▼

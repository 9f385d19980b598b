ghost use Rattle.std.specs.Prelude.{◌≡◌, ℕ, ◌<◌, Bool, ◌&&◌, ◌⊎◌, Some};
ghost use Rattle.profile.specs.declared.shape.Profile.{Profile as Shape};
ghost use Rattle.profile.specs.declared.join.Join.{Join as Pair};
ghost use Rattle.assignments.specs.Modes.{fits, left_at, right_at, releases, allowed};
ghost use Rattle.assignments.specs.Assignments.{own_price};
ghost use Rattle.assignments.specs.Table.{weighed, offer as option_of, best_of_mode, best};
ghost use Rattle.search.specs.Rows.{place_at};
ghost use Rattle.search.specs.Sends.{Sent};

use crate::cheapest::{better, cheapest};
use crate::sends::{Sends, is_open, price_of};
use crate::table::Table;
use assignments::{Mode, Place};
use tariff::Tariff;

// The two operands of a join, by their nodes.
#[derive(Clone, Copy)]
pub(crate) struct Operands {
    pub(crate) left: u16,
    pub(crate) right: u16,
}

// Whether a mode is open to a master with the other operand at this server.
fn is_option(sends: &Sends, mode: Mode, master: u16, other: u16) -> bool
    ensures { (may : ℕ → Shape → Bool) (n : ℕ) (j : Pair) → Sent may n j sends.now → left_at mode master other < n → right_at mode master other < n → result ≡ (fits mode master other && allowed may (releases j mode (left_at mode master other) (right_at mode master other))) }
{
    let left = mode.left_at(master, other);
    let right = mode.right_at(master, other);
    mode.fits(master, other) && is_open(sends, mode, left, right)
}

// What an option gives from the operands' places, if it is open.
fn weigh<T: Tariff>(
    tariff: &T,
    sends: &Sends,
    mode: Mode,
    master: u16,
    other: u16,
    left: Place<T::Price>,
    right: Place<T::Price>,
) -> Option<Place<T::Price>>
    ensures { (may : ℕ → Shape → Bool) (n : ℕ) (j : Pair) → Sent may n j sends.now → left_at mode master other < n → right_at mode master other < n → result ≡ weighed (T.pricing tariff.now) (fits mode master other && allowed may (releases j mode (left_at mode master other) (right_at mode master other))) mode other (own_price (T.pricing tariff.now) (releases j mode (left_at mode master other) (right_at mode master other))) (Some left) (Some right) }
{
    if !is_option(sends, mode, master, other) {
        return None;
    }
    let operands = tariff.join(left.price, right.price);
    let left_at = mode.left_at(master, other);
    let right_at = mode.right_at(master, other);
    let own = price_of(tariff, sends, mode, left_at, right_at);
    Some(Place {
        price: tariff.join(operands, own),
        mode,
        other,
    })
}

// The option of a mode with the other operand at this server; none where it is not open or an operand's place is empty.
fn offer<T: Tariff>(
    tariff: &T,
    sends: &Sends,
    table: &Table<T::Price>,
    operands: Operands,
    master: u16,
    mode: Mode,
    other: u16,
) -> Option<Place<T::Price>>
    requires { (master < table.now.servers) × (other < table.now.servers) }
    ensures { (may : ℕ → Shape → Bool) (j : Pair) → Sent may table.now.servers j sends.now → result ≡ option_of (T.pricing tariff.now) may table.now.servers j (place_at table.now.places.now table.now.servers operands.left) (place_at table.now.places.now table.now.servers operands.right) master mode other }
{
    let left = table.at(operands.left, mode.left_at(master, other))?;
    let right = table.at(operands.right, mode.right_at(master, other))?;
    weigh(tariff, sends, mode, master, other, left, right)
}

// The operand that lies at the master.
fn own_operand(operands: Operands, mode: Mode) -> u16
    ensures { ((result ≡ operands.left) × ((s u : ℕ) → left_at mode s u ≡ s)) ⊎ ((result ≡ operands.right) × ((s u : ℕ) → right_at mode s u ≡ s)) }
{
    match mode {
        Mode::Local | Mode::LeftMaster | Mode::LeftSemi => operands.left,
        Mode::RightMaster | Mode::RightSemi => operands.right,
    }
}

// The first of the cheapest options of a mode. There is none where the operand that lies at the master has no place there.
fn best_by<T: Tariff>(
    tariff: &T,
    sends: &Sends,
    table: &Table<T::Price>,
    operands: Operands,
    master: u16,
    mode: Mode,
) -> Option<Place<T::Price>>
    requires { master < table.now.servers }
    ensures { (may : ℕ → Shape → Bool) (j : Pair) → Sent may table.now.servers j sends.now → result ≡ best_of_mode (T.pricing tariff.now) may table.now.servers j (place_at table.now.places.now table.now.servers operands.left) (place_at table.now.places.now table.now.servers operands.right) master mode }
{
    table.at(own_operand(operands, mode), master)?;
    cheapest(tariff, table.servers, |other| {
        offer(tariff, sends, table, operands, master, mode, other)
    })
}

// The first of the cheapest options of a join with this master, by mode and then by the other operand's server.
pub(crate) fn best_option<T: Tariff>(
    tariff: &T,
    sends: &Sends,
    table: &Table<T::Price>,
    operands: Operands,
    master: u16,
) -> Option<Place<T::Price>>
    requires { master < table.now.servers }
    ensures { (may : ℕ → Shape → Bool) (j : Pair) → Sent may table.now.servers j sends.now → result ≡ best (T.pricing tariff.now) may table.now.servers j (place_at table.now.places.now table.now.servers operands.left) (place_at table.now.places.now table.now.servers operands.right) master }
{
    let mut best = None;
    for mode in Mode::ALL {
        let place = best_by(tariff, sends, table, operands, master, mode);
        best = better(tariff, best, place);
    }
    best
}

▲
▼

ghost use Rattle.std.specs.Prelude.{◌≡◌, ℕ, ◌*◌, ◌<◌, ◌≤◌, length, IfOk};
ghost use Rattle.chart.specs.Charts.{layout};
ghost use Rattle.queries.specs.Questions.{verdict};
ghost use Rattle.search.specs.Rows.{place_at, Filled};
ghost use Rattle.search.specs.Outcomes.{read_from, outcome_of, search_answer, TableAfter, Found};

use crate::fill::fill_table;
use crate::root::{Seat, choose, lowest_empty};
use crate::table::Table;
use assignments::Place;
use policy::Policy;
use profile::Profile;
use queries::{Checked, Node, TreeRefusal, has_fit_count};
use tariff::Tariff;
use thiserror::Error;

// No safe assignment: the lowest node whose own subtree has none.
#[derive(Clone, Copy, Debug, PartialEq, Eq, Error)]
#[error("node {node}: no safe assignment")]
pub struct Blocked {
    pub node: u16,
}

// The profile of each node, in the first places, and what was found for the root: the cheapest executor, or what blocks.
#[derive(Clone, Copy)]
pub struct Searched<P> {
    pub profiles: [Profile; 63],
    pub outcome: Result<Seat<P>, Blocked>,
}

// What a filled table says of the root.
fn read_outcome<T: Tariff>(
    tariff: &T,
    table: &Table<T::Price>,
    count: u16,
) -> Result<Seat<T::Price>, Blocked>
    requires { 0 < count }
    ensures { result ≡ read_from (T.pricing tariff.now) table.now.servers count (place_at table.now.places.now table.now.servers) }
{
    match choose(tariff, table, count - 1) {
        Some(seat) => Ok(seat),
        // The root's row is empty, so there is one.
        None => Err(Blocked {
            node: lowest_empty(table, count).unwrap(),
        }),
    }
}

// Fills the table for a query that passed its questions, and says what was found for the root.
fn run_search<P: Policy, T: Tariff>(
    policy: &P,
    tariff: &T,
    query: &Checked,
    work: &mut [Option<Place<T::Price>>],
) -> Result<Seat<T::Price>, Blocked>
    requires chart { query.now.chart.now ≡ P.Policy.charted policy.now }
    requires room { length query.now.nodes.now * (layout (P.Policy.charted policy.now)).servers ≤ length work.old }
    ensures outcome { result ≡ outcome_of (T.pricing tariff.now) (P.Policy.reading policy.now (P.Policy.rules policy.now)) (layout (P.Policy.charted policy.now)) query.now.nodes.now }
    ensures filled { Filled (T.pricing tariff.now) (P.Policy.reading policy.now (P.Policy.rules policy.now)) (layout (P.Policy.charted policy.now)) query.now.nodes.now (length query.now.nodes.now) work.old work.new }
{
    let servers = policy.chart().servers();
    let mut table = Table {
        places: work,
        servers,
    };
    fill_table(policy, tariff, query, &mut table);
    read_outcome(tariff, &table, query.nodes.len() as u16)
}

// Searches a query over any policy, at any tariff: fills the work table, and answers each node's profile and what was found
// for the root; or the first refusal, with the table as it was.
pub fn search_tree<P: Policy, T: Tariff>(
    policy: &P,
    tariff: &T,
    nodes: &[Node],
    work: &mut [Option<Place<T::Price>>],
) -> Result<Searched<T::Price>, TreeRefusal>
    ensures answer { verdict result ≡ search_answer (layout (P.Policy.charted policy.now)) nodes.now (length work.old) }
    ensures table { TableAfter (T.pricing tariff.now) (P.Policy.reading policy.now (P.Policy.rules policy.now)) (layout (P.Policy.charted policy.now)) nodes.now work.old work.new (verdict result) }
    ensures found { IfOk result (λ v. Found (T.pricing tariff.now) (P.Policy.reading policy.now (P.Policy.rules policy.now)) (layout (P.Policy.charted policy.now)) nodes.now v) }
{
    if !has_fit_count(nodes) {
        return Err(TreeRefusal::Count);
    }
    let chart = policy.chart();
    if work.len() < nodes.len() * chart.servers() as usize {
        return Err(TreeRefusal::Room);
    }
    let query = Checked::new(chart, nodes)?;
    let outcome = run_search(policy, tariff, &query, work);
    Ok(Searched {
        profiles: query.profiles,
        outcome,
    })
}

▲
▼

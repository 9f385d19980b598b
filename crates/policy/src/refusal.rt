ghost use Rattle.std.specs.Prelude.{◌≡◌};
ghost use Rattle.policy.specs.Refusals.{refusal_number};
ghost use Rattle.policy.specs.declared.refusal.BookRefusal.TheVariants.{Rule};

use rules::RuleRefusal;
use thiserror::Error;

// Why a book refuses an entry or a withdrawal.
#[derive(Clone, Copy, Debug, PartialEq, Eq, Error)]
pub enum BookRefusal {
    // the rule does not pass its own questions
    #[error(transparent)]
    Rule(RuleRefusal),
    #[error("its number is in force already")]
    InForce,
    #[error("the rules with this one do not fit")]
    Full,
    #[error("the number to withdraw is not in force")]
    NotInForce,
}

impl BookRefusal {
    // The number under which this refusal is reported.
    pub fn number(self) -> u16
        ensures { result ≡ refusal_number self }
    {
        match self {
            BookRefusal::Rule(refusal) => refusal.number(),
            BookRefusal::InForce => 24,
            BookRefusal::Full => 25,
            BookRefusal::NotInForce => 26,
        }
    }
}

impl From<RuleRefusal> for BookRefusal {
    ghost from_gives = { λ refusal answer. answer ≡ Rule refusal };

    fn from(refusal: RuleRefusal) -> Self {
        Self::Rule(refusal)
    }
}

▲

→ Problem to work on
Count every line in the listing that holds the word "options". Report the count and nothing else.

→ Written answer
2